C'est complètement stupide et c'est pour ça que j'adore ce film. ça ne se soucie jamais d'être crédible. Tout le monde sait qu'un ancien commando a une chambre forte ou il planque des armes d'assaut (pourquoi Schwarzy n'a pas cacher sa fille à l'interieur ?) ou encore qu'il est possible d'imiter tarzan avec des ballons en forme de saucisses et surtout que dans n'importe quel armurerie on peut se procurer des grenades et des lances roquettes, que la police ne menotte personne quand elle arrête quelqu'un ou le mieux mettre du maquillage de camouflage avant de tuer tous les terroristes.
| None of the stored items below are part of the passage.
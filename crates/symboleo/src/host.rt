ghost use Rattle.std.specs.Prelude.{◌≡◌, ◌≤◌, ◌↔◌, ◌+◌, ◌-◌, ◌^◌, min, length, true, IsTrue, None, IfSome, IsSomeAnd};

use std::alloc::Global;
use std::io::{ErrorKind, Read, Seek, SeekFrom, Write};
use std::rt::Files as Host;
use std::{fs, str};
use sy_base::Text;
use sy_outside::{Failed, Files, Sink, Source};

/// Reads once, and again where a signal came between.
fn read_some<F: Read>(file: &mut F, buf: &mut [u8]) -> Option<usize>
    ensures { IfSome result (λ n. n ≤ length buf.new) }
{
    for _ in 0..u64::MAX {
        match file.read(buf) {
            Ok(count) => return Some(count),
            Err(error) if error.kind() == ErrorKind::Interrupted => {}
            Err(_) => return None,
        }
    }
    None
}

/// Writes once, and again where a signal came between.
fn write_some<W: Write>(out: &mut W, bytes: &[u8]) -> Option<usize>
    ensures { IfSome result (λ n. n ≤ length bytes.now) }
{
    for _ in 0..u64::MAX {
        match out.write(bytes) {
            Ok(count) => return Some(count),
            Err(error) if error.kind() == ErrorKind::Interrupted => {}
            Err(_) => return None,
        }
    }
    None
}

/// An open file, its name, and how many of its bytes were read.
#[derive(Drop)]
struct Opened<F> {
    name: Text,
    file: F,
    offset: u64,
}

impl<F: Read + Seek> Opened<F> {
    /// Opens a file there. From the beginning it isn't sought, so a pipe can be read. A name that
    /// isn't UTF-8 names no file.
    fn at<R: Host<File = F>>(rt: &R, alloc: Global, name: &Text, offset: u64) -> Option<Opened<F>>
        ensures name { IfSome result (λ opened. opened.name ≡ name.now) }
        ensures offset { IfSome result (λ opened. opened.offset ≡ offset) }
    {
        let mut file = fs::open(rt, str::from_utf8(name.bytes()).ok()?).ok()?;
        if offset > 0 {
            file.seek(SeekFrom::Start(offset)).ok()?;
        }
        let name = name.copy(alloc).ok()?;
        Some(Opened { name, file, offset })
    }

    fn stands_at(&self, name: &Text, offset: u64) -> bool
        ensures { IsTrue result ↔ ((self.now.name ≡ name.now) × (self.now.offset ≡ offset)) }
    {
        self.name == *name && self.offset == offset
    }

    fn read(&mut self, buf: &mut [u8]) -> Option<usize>
        ensures bound { IfSome result (λ n. n ≤ length buf.new) }
        ensures name { self.new.name ≡ self.old.name }
        ensures offset { IfSome result (λ n. self.new.offset ≡ min (self.old.offset + n) (2 ^ 64 - 1)) }
    {
        let count = read_some(&mut self.file, buf)?;
        self.offset = self.offset.saturating_add(count as u64);
        Some(count)
    }
}

/// The files of the system. The file that was read last stays open, and is read on where the next
/// piece of it follows. So a text is that of one file, even if another one takes its name meanwhile.
#[derive(Drop)]
pub struct HostFiles<'a, R: Host> {
    rt: &'a R,
    alloc: Global,
    opened: Option<Opened<R::File>>,
    faults: u64,
}

impl<'a, R: Host> HostFiles<'a, R> {
    pub fn new(rt: &'a R, alloc: Global) -> HostFiles<'a, R> {
        HostFiles {
            rt,
            alloc,
            opened: None,
            faults: 0,
        }
    }

    /// Bytes of the file from there on. After a fault no file is open.
    fn read_at(&mut self, name: &Text, from: u64, buf: &mut [u8]) -> Option<usize>
        ensures bound { IfSome result (λ n. n ≤ length buf.new) }
        ensures open { IfSome result (λ n. IsSomeAnd self.new.opened (λ opened.
            (opened.name ≡ name.now) × (opened.offset ≡ min (from + n) (2 ^ 64 - 1)))) }
        ensures faults { self.new.faults ≡ self.old.faults }
    {
        let mut opened = match self.opened.take() {
            Some(opened) if opened.stands_at(name, from) => opened,
            _ => Opened::at(self.rt, self.alloc, name, from)?,
        };
        let count = opened.read(buf)?;
        self.opened = Some(opened);
        Some(count)
    }
}

impl<'a, R: Host> Files for HostFiles<'a, R> {
    ghost lent = { λ _ _. true };

    ghost told = { λ _ _. None };

    ghost faults = { λ f. f.faults };

    fn read(&mut self, name: &Text, from: u64, buf: &mut [u8]) -> Result<usize, Failed> {
        match self.read_at(name, from, buf) {
            Some(count) => Ok(count),
            None => {
                self.faults = self.faults.saturating_add(1);
                Err(Failed)
            }
        }
    }
}

/// A reader of the system, as standard input.
#[derive(Drop)]
pub struct StdInput<R> {
    inner: R,
    faults: u64,
}

impl<R> StdInput<R> {
    pub fn new(inner: R) -> StdInput<R> {
        StdInput { inner, faults: 0 }
    }
}

impl<R: Read> Source for StdInput<R> {
    ghost left = { λ _. None };

    ghost faults = { λ s. s.faults };

    fn read(&mut self, buf: &mut [u8]) -> Result<usize, Failed> {
        match read_some(&mut self.inner, buf) {
            Some(count) => Ok(count),
            None => {
                self.faults = self.faults.saturating_add(1);
                Err(Failed)
            }
        }
    }
}

/// A writer of the system, as standard output.
#[derive(Drop)]
pub struct StdOutput<W> {
    inner: W,
    faults: u64,
}

impl<W> StdOutput<W> {
    pub fn new(inner: W) -> StdOutput<W> {
        StdOutput { inner, faults: 0 }
    }
}

impl<W: Write> Sink for StdOutput<W> {
    ghost held = { λ _. None };

    ghost faults = { λ s. s.faults };

    fn write(&mut self, bytes: &[u8]) -> Result<usize, Failed> {
        match write_some(&mut self.inner, bytes) {
            Some(count) if count > 0 || bytes.is_empty() => Ok(count),
            _ => {
                self.faults = self.faults.saturating_add(1);
                Err(Failed)
            }
        }
    }
}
C'est logique quand on a des grenades des mitraillettes un fusil à pompe et un lance roquette et aucune intention d'être discret on se camoufle. Et ça c'est juste quelques exemples, mais les dialogues aussi sont ridiculement drôle et avoir un méchant qui ressemble à freddy mercury c'est pas la classe ça ? La turie final est un bon exemple de fou rire garanti. On a pas l'impression que Schwarzy vise les ennemis mais qu'il pointe son flingue. Et il peut le pointer n'importe ou il va toucher sa cible. Ou plutôt ses cibles. Par contre les ennemis ils sont deux cents et ils n'arrivent même pas à le toucher. Et ça se dit terroristes.... Et je n'ai pas mentionné la scène qui sert de générique d'ouverture très drôle elle aussi. Bref "Commando" est un bon gros nanar des années 80 come on n'en fait plus, ou la connerie est assumée et ne souciait guère du reste tant qu'on a des répliques macho, drôle de ridicule des muscles et des explosions.